# Template glasses



## Eli83

Hola, 

Estoy traduciendo un paper que trata sobre biomateriales "Silica materials for medical applications" y quisiera saber la traducción de "template glasses", el contexto es: " These so-called template glasses are, in fact, derived from the use of micellar surfactants in the synthesis of equivalent compositions to those of biactive glasses"

Saludos y gracias


----------



## Blopa

Hola Eli, y bienvenid@ al Foro! 

No sé si existe la sintetización de vidrio en forma biológica, pero pueden ser pequeños cristales en algún proceso...

En todo caso, la traducción que se me ocurre es *vidrio templado*. Se ocupaban en automóviles antes del vidrio laminado y hoy se usan mucho en construcción y cocina por su dureza.

Saludos,


----------



## k-in-sc

Vidrio templado is tempered glass, I think - heat-hardened.
These are template glasses - maybe vidrio de plantilla?  Like a framework used in the production of the bi*o*active glass?


----------



## Blopa

Bueno, Eli: La corrección de k_in_sc es muy pertinente.

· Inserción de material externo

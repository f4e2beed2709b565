//! What is told of a call that goes out.
ghost use Rattle.std.specs.Prelude.{◌≡◌, IfOk, is_some};
ghost use Rattle.std.specs.Option.{option_and_then, option_map};
ghost use Rattle.realm_notes.specs.Telling.{asked_reply, asks_with_payload, ended_as, ended_in, has_place, reply_of_call, reply_with, told_at_end, told_behind, wake_as};
ghost use Rattle.realm_notes.specs.Noted.{opened_by, opened_so};
ghost use Rattle.kernel_state.specs.Calls.{woken_slot};

use crate::realm::is_open;
use base::NoMemory;
use boxed::Boxed;
use frame_pool::Pages;
use group_model::GroupReply;
use kernel_state::Carried;
use own_model::OwnReply;
use rpc_cont::{Asked, Cont, Phase};
use rpc_msgs::Rpc;
use solo::copied_outputs;
use std::alloc::Global;
use ta_params::Buf;

/// The slot that is asked to be woken.
fn asked_wake(request: &Option<Asked>) -> Option<u32>
    ensures { result ≡ option_and_then (λ asked. woken_slot asked.rpc) request.now }
{
    match request {
        Some(asked) => match &asked.rpc {
            Rpc::Wake(slot) => Some(*slot),
            _ => None,
        },
        None => None,
    }
}

/// The slot of the call that a call which has ended wakes.
pub(crate) fn wake_of(cont: &Cont<Pages>) -> Option<u32>
    ensures { result ≡ wake_as cont.now }
{
    match cont.phase {
        Phase::Ends => asked_wake(&cont.request),
        Phase::Runs | Phase::Asks | Phase::Waits => None,
    }
}

/// What an application asks for.
fn asked_reply(alloc: Global, request: &Option<Asked>) -> Result<Option<OwnReply>, NoMemory>
    ensures { IfOk result (λ reply. reply ≡ option_map asked_reply request.now) }
{
    match request {
        Some(asked) => Ok(Some(OwnReply::Ask {
            rpc: asked.rpc.clone()?,
            payload: Buf::of(asked.payload.bytes().to_vec(alloc)?),
        })),
        None => Ok(None),
    }
}

/// Whether bytes go with what a call asks for, in a buffer.
fn asks_with_payload(cont: &Cont<Pages>) -> bool
    ensures { result ≡ asks_with_payload cont.now.phase cont.now.request }
{
    match (cont.phase, &cont.request) {
        (Phase::Asks, Some(asked)) => asked.rpc.has_payload(),
        _ => false,
    }
}

/// Whether what a call asks for has a place, in its area or its buffer.
fn has_place(cont: &Cont<Pages>) -> bool
    ensures { result ≡ has_place cont.now }
{
    cont.buffer.is_some() || (cont.area.is_some() && !asks_with_payload(cont))
}

/// What is told of a call that has ended, may have a call to wake, and may have a place to ask for that. One that has nothing
/// to ask for has given its buffer back.
fn told_behind(wakes: bool, has_place: bool, woken: Option<u32>) -> Option<OwnReply>
    ensures { result ≡ told_behind wakes has_place woken }
{
    match (wakes, has_place) {
        (false, _) => Some(OwnReply::Free),
        (true, false) => Some(OwnReply::Alloc),
        (true, true) => match woken {
            Some(call) => Some(OwnReply::Wake { call }),
            None => None,
        },
    }
}

/// What is told of a call that was left in its slot, where it wakes the call of this number: nothing of an interrupt.
pub(crate) fn reply_of(
    alloc: Global,
    cont: &Cont<Pages>,
    woken: Option<u32>,
) -> Result<Option<OwnReply>, NoMemory>
    ensures { IfOk result (λ reply. reply ≡ reply_of_call cont.now woken) }
{
    match (cont.phase, has_place(cont)) {
        (Phase::Runs, _) => Ok(None),
        (Phase::Asks | Phase::Waits, false) => Ok(Some(OwnReply::Alloc)),
        (Phase::Asks, true) => asked_reply(alloc, &cont.request),
        (Phase::Waits, true) => Ok(Some(OwnReply::Sleep)),
        (Phase::Ends, has_place) => Ok(told_behind(wake_of(cont).is_some(), has_place, woken)),
    }
}

/// What is told of a call that goes out ended, and has opened the realm's session of this number or none.
fn ended(
    alloc: Global,
    cont: &Cont<Pages>,
    opened: Option<u32>,
) -> Result<Boxed<GroupReply>, NoMemory>
    ensures { IfOk result (λ told. told ≡ record { reply = ended_as cont.now; opened = opened }) }
{
    let reply = OwnReply::Ended {
        result: cont.result.result,
        origin: cont.result.origin,
        outputs: copied_outputs(alloc, cont.result, &cont.params)?,
    };
    let told = Boxed::new(alloc, GroupReply { reply, opened })?;
    Ok(told)
}

/// What is told of the call that a processor carries, if it goes out ended, where it has opened the realm's session of this
/// number or none.
pub(crate) fn told_at_end(
    alloc: Global,
    call: &Carried,
    opened: Option<u32>,
) -> Result<Option<Boxed<GroupReply>>, NoMemory>
    ensures { IfOk result (λ told. told ≡ option_map (reply_with opened) (told_at_end call.now)) }
{
    match call {
        Carried::Nothing => Ok(None),
        Carried::Resting(cont) | Carried::Running(cont) => match cont.phase {
            Phase::Ends => Ok(Some(ended(alloc, cont, opened)?)),
            Phase::Runs | Phase::Asks | Phase::Waits => Ok(None),
        },
    }
}

/// The kernel's session that a call has opened, if it goes out ended and has opened one.
fn opened_so(cont: &Cont<Pages>) -> Option<u32>
    ensures { result ≡ option_and_then (opened_so cont.now.kind cont.now.session) (ended_in cont.now cont.now.phase) }
{
    match cont.phase {
        Phase::Ends => {
            if is_open(cont.kind) && cont.result.result == 0 {
                Some(cont.session)
            } else {
                None
            }
        }
        Phase::Runs | Phase::Asks | Phase::Waits => None,
    }
}

/// The same, of the call that a processor carries.
pub(crate) fn opened_by(call: &Carried) -> Option<u32>
    ensures { result ≡ option_and_then (opened_by call.now) (told_at_end call.now) }
{
    match call {
        Carried::Nothing => None,
        Carried::Resting(cont) | Carried::Running(cont) => opened_so(cont),
    }
}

En realidad template es plantilla y no temperado. Reconozco mi error.

Por otra parte está lo de biactive: Una cosa es ser bi*o*activo (Con actividad biológica) y otra es ser biactivo (con dos actividades distintas). 

Saludos,


----------



## Eli83

Les agradezco mucho sus respuesta. Aunque no me queda claro del todo, ya que vidrio de plantilla no parece ser una buena traduccion. Supongo que debe haber querido decir plantilla de vidrio.

Saludos


----------



## k-in-sc

Yes, I guess that would be better, but I don't really know because I'm not a native speaker ...


----------



## Forero

En inglés, lo que modifica va ante lo modificado: _frogman_ = hombre rana, _World War_ = Guerra Mundial, _template glasses_ = vidrios de plantilla.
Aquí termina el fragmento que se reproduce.